## Problem requirements:
Could you copy all of the records below exactly as they appear?

[Records contained in a dataset]

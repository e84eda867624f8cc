// A searcher that shares a log with others gets the clauses that they added.
ghost use Rattle.std.specs.Prelude.{◌≡◌, ◌<◌, ◌≤◌, ◌==◌, [], true, false, Ok, OnErr, OnOk};
ghost use Rattle.std.specs.List.{list_any};
ghost use Rattle.std.specs.Option.{option_map_or};
ghost use Rattle.lls_lit.specs.Formula.{is_within};
ghost use Rattle.lls_store.specs.Clauses.{clause_numbered};
ghost use Rattle.lls_store.specs.Sound.{IsSound};
ghost use Rattle.lls_store.specs.Store.{IsNewId, with_clause};
ghost use Rattle.lls_solver.specs.Policy.{policy_for};
ghost use Rattle.lls_solver.specs.Searching.{additions, IsGoodLog, IsSearching};
ghost use Rattle.lls_solver.specs.Sharing.{AreLiveSteps, HoldsFirst, IsBehind};

use crate::course::Course;
use crate::policy::Policy;
use crate::solving::MOST_BUDGET;
use lls_base::Memory;
use lls_cnf::Formula;
use lls_lit::Lit;
use lls_prooflog::{Log, StepRef};
use lls_store::{MOST_CLAUSES, Store, Trail};

/// Goes back to level 0 and adds what is live of the log behind the store's last clause, where there is more. The steps of these
/// numbers are the additions that are live.
pub(crate) fn catch_up<S: Store>(
    formula: &Formula,
    store: &mut S,
    course: &mut Course,
    policy: &mut Policy,
    log: &Log,
    live: &[usize],
) -> Result<(), Memory>
    requires behind { IsBehind formula.now log.now.steps (S.state store.old) course.old }
    requires good { IsGoodLog formula.now log.now.steps }
    requires live { AreLiveSteps formula.now log.now.steps live.now }
    requires few { additions log.now.steps ≤ MOST_BUDGET }
    requires tracked { S.tracks store.old course.old }
    requires policy { policy.old ≡ policy_for (S.state store.old) }
    ensures searching { OnOk result (IsSearching formula.now log.now.steps (S.state store.new) course.new) }
    ensures first { HoldsFirst formula.now log.now.steps (S.state store.new).live }
    ensures vars { (S.state store.new).vars ≡ (S.state store.old).vars }
    ensures tracked { S.tracks store.new course.new }
    ensures policy { policy.new ≡ policy_for (S.state store.new) }
{
    if store.count() as usize == formula.len() + live.len() {
        return Ok(());
    }
    course.go_back(store, 0);
    add_rest(formula, store, &course.trail, policy, log, live)
}

// Adds what is live of the log behind the store's last clause.
fn add_rest<S: Store>(
    formula: &Formula,
    store: &mut S,
    trail: &Trail,
    policy: &mut Policy,
    log: &Log,
    live: &[usize],
) -> Result<(), Memory>
    requires behind { IsBehind formula.now log.now.steps (S.state store.old) trail.now }
    requires good { IsGoodLog formula.now log.now.steps }
    requires live { AreLiveSteps formula.now log.now.steps live.now }
    requires few { additions log.now.steps ≤ MOST_BUDGET }
    requires level { trail.now.current ≡ 0 }
    requires tracked { S.tracks store.old trail.now }
    requires policy { policy.old ≡ policy_for (S.state store.old) }
    ensures searching { OnOk result (IsSearching formula.now log.now.steps (S.state store.new) trail.now) }
    ensures first { HoldsFirst formula.now log.now.steps (S.state store.new).live }
    ensures vars { (S.state store.new).vars ≡ (S.state store.old).vars }
    ensures tracked { S.tracks store.new trail.now }
    ensures policy { policy.new ≡ policy_for (S.state store.new) }
{
    let from = store.count() as usize - formula.len();
    for k in from..live.len() {
        match log.lend(live[k]) {
            StepRef::Add(addition) => add_clause(store, trail, policy, addition.id, addition.lits)?,
            StepRef::Del(_) => unreachable!(),
        }
    }
    Ok(())
}

// Adds a clause, of which the policy knows then. After `Memory` both are as before.
fn add_clause<S: Store>(
    store: &mut S,
    trail: &Trail,
    policy: &mut Policy,
    id: u64,
    lits: &[Lit],
) -> Result<(), Memory>
    requires level { trail.now.current ≡ 0 }
    requires tracked { S.tracks store.old trail.now }
    requires sound { IsSound (S.state store.old).live trail.now }
    requires tail { (S.state store.old).tail ≡ [] }
    requires id { IsNewId (S.state store.old).live id }
    requires within { is_within (S.state store.old).vars lits.now ≡ true }
    requires most { (S.state store.old).count < MOST_CLAUSES }
    requires policy { policy.old ≡ policy_for (S.state store.old) }
    ensures ok { OnOk result (S.state store.new ≡ with_clause (S.state store.old) id lits.now) }
    ensures err { OnErr result (S.state store.new ≡ S.state store.old) }
    ensures tracked { S.tracks store.new trail.now }
    ensures sound { IsSound (S.state store.new).live trail.now }
    ensures policy { policy.new ≡ policy_for (S.state store.new) }
{
    policy.add_clause()?;
    match store.add(trail, id, lits) {
        Ok(_number) => Ok(()),
        Err(memory) => {
            policy.drop_clause();
            Err(memory)
        }
    }
}

/// Whether a live clause has the id.
pub(crate) fn has_id<S: Store>(store: &S, id: u64) -> bool
    ensures { result ≡ list_any (λ clause. clause.id == id) (S.state store.now).live }
{
    for c in 0..store.count() {
        if is_of_id(store, c, id) {
            return true;
        }
    }
    false
}

// Whether the clause of a number is live and has the id.
fn is_of_id<S: Store>(store: &S, c: u32, id: u64) -> bool
    requires { c < (S.state store.now).count }
    ensures { result ≡ option_map_or (λ clause. clause.id == id) (clause_numbered (S.state store.now).live c) false }
{
    if !store.live(c) {
        return false;
    }
    store.id(c) == id
}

## Problem solution:
repository e84eda867624f8cc
// A searcher that shares a log with others gets the clauses that they added.
ghost use Rattle.std.specs.Prelude.{◌≡◌, ◌<◌, ◌≤◌, ◌==◌, [], true, false, Ok, OnErr, OnOk};
ghost use Rattle.std.specs.List.{list_any};
ghost use Rattle.std.specs.Option.{option_map_or};
ghost use Rattle.lls_lit.specs.Formula.{is_within};
ghost use Rattle.lls_store.specs.Clauses.{clause_numbered};
ghost use Rattle.lls_store.specs.Sound.{IsSound};
ghost use Rattle.lls_store.specs.Store.{IsNewId, with_clause};
ghost use Rattle.lls_solver.specs.Policy.{policy_for};
ghost use Rattle.lls_solver.specs.Searching.{additions, IsGoodLog, IsSearching};
ghost use Rattle.lls_solver.specs.Sharing.{AreLiveSteps, HoldsFirst, IsBehind};

use crate::course::Course;
use crate::policy::Policy;
use crate::solving::MOST_BUDGET;
use lls_base::Memory;
use lls_cnf::Formula;
use lls_lit::Lit;
use lls_prooflog::{Log, StepRef};
use lls_store::{MOST_CLAUSES, Store, Trail};

/// Goes back to level 0 and adds what is live of the log behind the store's last clause, where there is more. The steps of these
/// numbers are the additions that are live.
pub(crate) fn catch_up<S: Store>(
    formula: &Formula,
    store: &mut S,
    course: &mut Course,
    policy: &mut Policy,
    log: &Log,
    live: &[usize],
) -> Result<(), Memory>
    requires behind { IsBehind formula.now log.now.steps (S.state store.old) course.old }
    requires good { IsGoodLog formula.now log.now.steps }
    requires live { AreLiveSteps formula.now log.now.steps live.now }
    requires few { additions log.now.steps ≤ MOST_BUDGET }
    requires tracked { S.tracks store.old course.old }
    requires policy { policy.old ≡ policy_for (S.state store.old) }
    ensures searching { OnOk result (IsSearching formula.now log.now.steps (S.state store.new) course.new) }
    ensures first { HoldsFirst formula.now log.now.steps (S.state store.new).live }
    ensures vars { (S.state store.new).vars ≡ (S.state store.old).vars }
    ensures tracked { S.tracks store.new course.new }
    ensures policy { policy.new ≡ policy_for (S.state store.new) }
{
    if store.count() as usize == formula.len() + live.len() {
        return Ok(());
    }
    course.go_back(store, 0);
    add_rest(formula, store, &course.trail, policy, log, live)
}

// Adds what is live of the log behind the store's last clause.
fn add_rest<S: Store>(
    formula: &Formula,
    store: &mut S,
    trail: &Trail,
    policy: &mut Policy,
    log: &Log,
    live: &[usize],
) -> Result<(), Memory>
    requires behind { IsBehind formula.now log.now.steps (S.state store.old) trail.now }
    requires good { IsGoodLog formula.now log.now.steps }
    requires live { AreLiveSteps formula.now log.now.steps live.now }
    requires few { additions log.now.steps ≤ MOST_BUDGET }
    requires level { trail.now.current ≡ 0 }
    requires tracked { S.tracks store.old trail.now }
    requires policy { policy.old ≡ policy_for (S.state store.old) }
    ensures searching { OnOk result (IsSearching formula.now log.now.steps (S.state store.new) trail.now) }
    ensures first { HoldsFirst formula.now log.now.steps (S.state store.new).live }
    ensures vars { (S.state store.new).vars ≡ (S.state store.old).vars }
    ensures tracked { S.tracks store.new trail.now }
    ensures policy { policy.new ≡ policy_for (S.state store.new) }
{
    let from = store.count() as usize - formula.len();
    for k in from..live.len() {
        match log.lend(live[k]) {
            StepRef::Add(addition) => add_clause(store, trail, policy, addition.id, addition.lits)?,
            StepRef::Del(_) => unreachable!(),
        }
    }
    Ok(())
}

// Adds a clause, of which the policy knows then. After `Memory` both are as before.
fn add_clause<S: Store>(
    store: &mut S,
    trail: &Trail,
    policy: &mut Policy,
    id: u64,
    lits: &[Lit],
) -> Result<(), Memory>
    requires level { trail.now.current ≡ 0 }
    requires tracked { S.tracks store.old trail.now }
    requires sound { IsSound (S.state store.old).live trail.now }
    requires tail { (S.state store.old).tail ≡ [] }
    requires id { IsNewId (S.state store.old).live id }
    requires within { is_within (S.state store.old).vars lits.now ≡ true }
    requires most { (S.state store.old).count < MOST_CLAUSES }
    requires policy { policy.old ≡ policy_for (S.state store.old) }
    ensures ok { OnOk result (S.state store.new ≡ with_clause (S.state store.old) id lits.now) }
    ensures err { OnErr result (S.state store.new ≡ S.state store.old) }
    ensures tracked { S.tracks store.new trail.now }
    ensures sound { IsSound (S.state store.new).live trail.now }
    ensures policy { policy.new ≡ policy_for (S.state store.new) }
{
    policy.add_clause()?;
    match store.add(trail, id, lits) {
        Ok(_number) => Ok(()),
        Err(memory) => {
            policy.drop_clause();
            Err(memory)
        }
    }
}

/// Whether a live clause has the id.
pub(crate) fn has_id<S: Store>(store: &S, id: u64) -> bool
    ensures { result ≡ list_any (λ clause. clause.id == id) (S.state store.now).live }
{
    for c in 0..store.count() {
        if is_of_id(store, c, id) {
            return true;
        }
    }
    false
}

// Whether the clause of a number is live and has the id.
fn is_of_id<S: Store>(store: &S, c: u32, id: u64) -> bool
    requires { c < (S.state store.now).count }
    ensures { result ≡ option_map_or (λ clause. clause.id == id) (clause_numbered (S.state store.now).live c) false }
{
    if !store.live(c) {
        return false;
    }
    store.id(c) == id
}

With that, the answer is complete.